Previously we \((^{1})\) considered the effect of monolayers on the evaporation of drops. We obtained the formula for the rate of evaporation of a drop through a monolayer by a limiting transition from a macroscopic film to a monolayer, considering the diffusion of the molecules of the drop liquid in the film. However, this method is not the only one, and here we shall give a more general derivation of the rate of evaporation of a drop through a monolayer. In addition, in \((^{1})\), in the treatment of nonstationary evaporation of a drop through a monolayer, an inaccuracy was allowed in the boundary condition, which led to an error in the formula for the rate of nonstationary evaporation.

Let us consider the nonstationary evaporation of a liquid drop of radius \(a\), covered by a monolayer of a foreign substance, stationary with respect to an infinitely extended gaseous medium. We choose the origin of coordinates at the center of the drop. Let, at the initial moment, the vapor concentration in space be constant and equal to

\[ c(r,0)=c_\infty . \tag{1} \]

On the surface of the monolayer of the foreign substance an adsorption layer of vapor is formed. Let us consider the establishment of adsorption equilibrium. We assume the adsorption, which we denote by \(\Gamma\) (molec/cm\(^2\)), to be small. Adsorption of vapor on the monolayer can proceed by two paths: from the liquid through the monolayer and from the vapor. Let the mean desorption time of vapor molecules into the liquid be equal to \(\tau_1\), and the mean desorption time into the vapor be equal to \(\tau_2\); then the adsorption fluxes into the liquid and into the vapor are respectively \(\gamma_1 \Gamma\) and \(\gamma_2 \Gamma\), where \(\gamma_1=1/\tau_1\) and \(\gamma_2=1/\tau_2\). If the flux of molecules of the drop liquid through the monolayer is denoted by \(J\) (for small \(\Gamma\), \(J\) does not depend on \(\Gamma\)), then the resultant flux through the monolayer, taking desorption into account, is equal to \(\Lambda = J-\gamma_1\Gamma\). In the vapor phase we take into account the transport of molecules without collisions over the mean free path.

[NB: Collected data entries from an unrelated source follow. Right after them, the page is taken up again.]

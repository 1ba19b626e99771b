// The book of one point, and what all its calls need: the month that a call names, and its price.
ghost use Rattle.std.specs.Prelude.{◌≡◌, true, false, length, take, MatchResult, Some, None};
ghost use Rattle.ledger.specs.Entries.{IsLedger};
ghost use Rattle.store.specs.Records.{Keeps};
ghost use Rattle.store.specs.Stores.{capacity, filed_in};
ghost use Rattle.book.specs.Unbilled.{IsUnbilled};
ghost use Rattle.tariff.specs.Pricing.{plain_amounts, month_result};
ghost use Rattle.tariff.specs.declared.refusal.Refusal.TheVariants.{BookBlank};

use crate::point::Point;
use ledger::Entry;
use store::{Hour, MonthRecords, MonthsOnFile, Quarter, State};
use tariff::{Amounts, Facts, Fault, Refusal, Schedule};

/// The months on file and the ledger of one point, over lent memory; blank until it is opened. A
/// refused call leaves it, and all of the memory, as it was. Every call but `open` is refused while
/// the book is blank, and each that names a month where no such month was started; `ledger` is never
/// refused. Each slice is lent by itself and stays behind its own reference, so that whoever lent it
/// knows what it holds once the book is gone.
#[derive(Drop)]
pub struct Book<'q, 'h, 'e> {
    pub(crate) point: Option<Point>,
    pub(crate) quarters: &'q mut [Quarter],
    pub(crate) hours: &'h mut [Hour],
    pub(crate) months: MonthRecords,
    pub(crate) entries: &'e mut [Entry],
    // how many of the entries were written
    pub(crate) written: usize,
    ghost filed: { Keeps months quarters.now hours.now },
    ghost ledgered: { IsLedger written entries.now },
    // a month that is not billed has no entry that counts
    ghost unbilled: { IsUnbilled months quarters.now hours.now filed (take written entries.now) },
}

// A month of an opened book: as the caller named it, with its index, and its number as entries have
// it.
#[derive(Clone, Copy)]
pub(crate) struct NamedMonth {
    pub(crate) month: u32,
    pub(crate) point: Point,
    pub(crate) index: usize,
    pub(crate) number: u8,
    pub(crate) days: u8,
    pub(crate) state: State,
}

impl<'q, 'h, 'e> Book<'q, 'h, 'e> {
    ghost use Rattle.book.specs.Books.{IsLent, LeavesMemory, StandsIn, file_of, view};
    ghost use Rattle.book.specs.NamedMonths.{IsChangeable, IsInBook, RefusesChange, RefusesMonth};
    ghost use Rattle.book.specs.Table.{earlier_month};
    ghost use Rattle.book.specs.Views.{blank_view, facts_of, month_outcome};

    /// A blank book over lent memory, for as many months and entries as there is room for, at most
    /// `store::MOST_MONTHS` months. Whatever stands in the memory is never taken for a post. What
    /// any book holds stands in its memory, at the places that `StandsIn` says.
    pub fn new(
        quarters: &'q mut [Quarter],
        hours: &'h mut [Hour],
        entries: &'e mut [Entry],
    ) -> Book<'q, 'h, 'e>
        ensures blank { view result
            ≡ blank_view (capacity (length quarters.old) (length hours.old)) (length entries.old) }
        ensures lent { IsLent quarters.entry hours.entry entries.entry result }
        ensures kept { LeavesMemory quarters.old hours.old entries.old result }
        ensures stands { (book : _) → StandsIn book }
    {
        Book {
            point: None,
            quarters,
            hours,
            months: MonthRecords::none(),
            entries,
            written: 0,
        }
    }

    // The months on file, as they are read.
    pub(crate) fn on_file(&self) -> MonthsOnFile<'_>
        ensures { filed_in result ≡ file_of self.now }
    {
        MonthsOnFile {
            quarters: self.quarters,
            hours: self.hours,
            months: &self.months,
        }
    }

    // The point, which a blank book has not.
    pub(crate) fn open_point(&self, month: u32) -> Result<Point, Refusal>
        ensures { MatchResult result (λ point. self.now.point ≡ Some point)
            (λ refusal. (self.now.point ≡ None) × (refusal ≡ BookBlank month)) }
    {
        self.point.ok_or(Refusal::BookBlank { month })
    }

    // The month by its number, from 1.
    pub(crate) fn named_month(&self, month: u32) -> Result<NamedMonth, Refusal>
        ensures { MatchResult result (IsInBook month (view self.now))
            (RefusesMonth month (view self.now)) }
    {
        let point = self.open_point(month)?;
        if month == 0 {
            return Err(Refusal::NoSuchMonth { month });
        }
        let index = month as usize - 1;
        let Some(record) = self.on_file().record(index) else {
            return Err(Refusal::NoSuchMonth { month });
        };
        Ok(NamedMonth {
            month,
            point,
            index,
            number: month as u8,
            days: record.days,
            state: record.state,
        })
    }

    // A month that is not final, for what may still change one.
    pub(crate) fn changeable_month(&self, month: u32) -> Result<NamedMonth, Refusal>
        ensures { MatchResult result (IsChangeable month (view self.now))
            (RefusesChange month (view self.now)) }
    {
        let named = self.named_month(month)?;
        if named.state.has_reached(State::Final) {
            return Err(Refusal::MonthFinal { month });
        }
        Ok(named)
    }

    // Months are billed, and made final, in their order.
    pub(crate) fn check_earlier(&self, named: &NamedMonth, state: State) -> Result<(), Refusal>
        requires { IsInBook named.now.month (view self.now) named.now }
        ensures { MatchResult result
            (λ _. (earlier_month state named.now.month (view self.now)).holds ≡ false)
            (λ refusal. ((earlier_month state named.now.month (view self.now)).holds ≡ true)
            × (refusal ≡ (earlier_month state named.now.month (view self.now)).refusal)) }
    {
        match self.on_file().first_short(state, named.index) {
            Some(short) => Err(Refusal::EarlierMonth {
                month: named.month,
                place: short as u64 + 1,
            }),
            None => Ok(()),
        }
    }

    // The facts of a month, as the file stands.
    pub(crate) fn facts(&self, named: &NamedMonth) -> Facts
        requires { IsInBook named.now.month (view self.now) named.now }
        ensures { result.plain ≡ facts_of (view self.now) named.now.month }
    {
        self.on_file()
            .facts(named.index, named.point.capacities)
            .unwrap()
    }

    // What the schedule makes of a month, as the file stands. Its fault comes up as it is.
    fn outcome<S: Schedule>(&self, named: &NamedMonth, schedule: &S) -> Result<Amounts, Fault>
        requires { IsInBook named.now.month (view self.now) named.now }
        ensures { plain_amounts result
            ≡ month_outcome (S.meaning schedule.now) (view self.now) named.now.month }
    {
        let facts = self.facts(named);
        let month_hours = self.on_file().hours(named.index);
        let amounts = schedule.price(&facts, &month_hours.hours())?;
        Ok(amounts)
    }

    // The price of a month, as the file stands; to a fault that came up, the call adds the month.
    pub(crate) fn price<S: Schedule>(
        &self,
        named: &NamedMonth,
        schedule: &S,
    ) -> Result<Amounts, Refusal>
        requires { IsInBook named.now.month (view self.now) named.now }
        ensures { plain_amounts result
            ≡ month_result named.now.month
            (month_outcome (S.meaning schedule.now) (view self.now) named.now.month) }
    {
        self.outcome(named, schedule)
            .map_err(|fault| Refusal::LinePastLimit {
                month: named.month,
                fault,
            })
    }
}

For small \(\Gamma\), the resultant flux into the vapor is equal to \(\left[\gamma_2\Gamma-\alpha \frac{\bar v}{4} c \big|_{r=a+\lambda}\right]\), where \(\alpha\) is the condensation coefficient, \(\bar v\) is the mean velocity of vapor molecules at the temperature of the drop. We write the mass-balance condition for the adsorption layer of vapor:

\[ \left[(J-\gamma_1\Gamma)-\left(\gamma_2\Gamma-\alpha\frac{\bar v}{4}c\bigg|_{r=a+\lambda}\right)\right] = d\Gamma/dt . \tag{2} \]

As a result of solving equation (2), we obtain the formula:

\[ \Gamma = \Gamma_0 e^{-(\gamma_1+\gamma_2)t} + \left( J+\alpha\frac{\bar v}{4}c\bigg|_{r=a+\lambda} \right) /(\gamma_1+\gamma_2) \]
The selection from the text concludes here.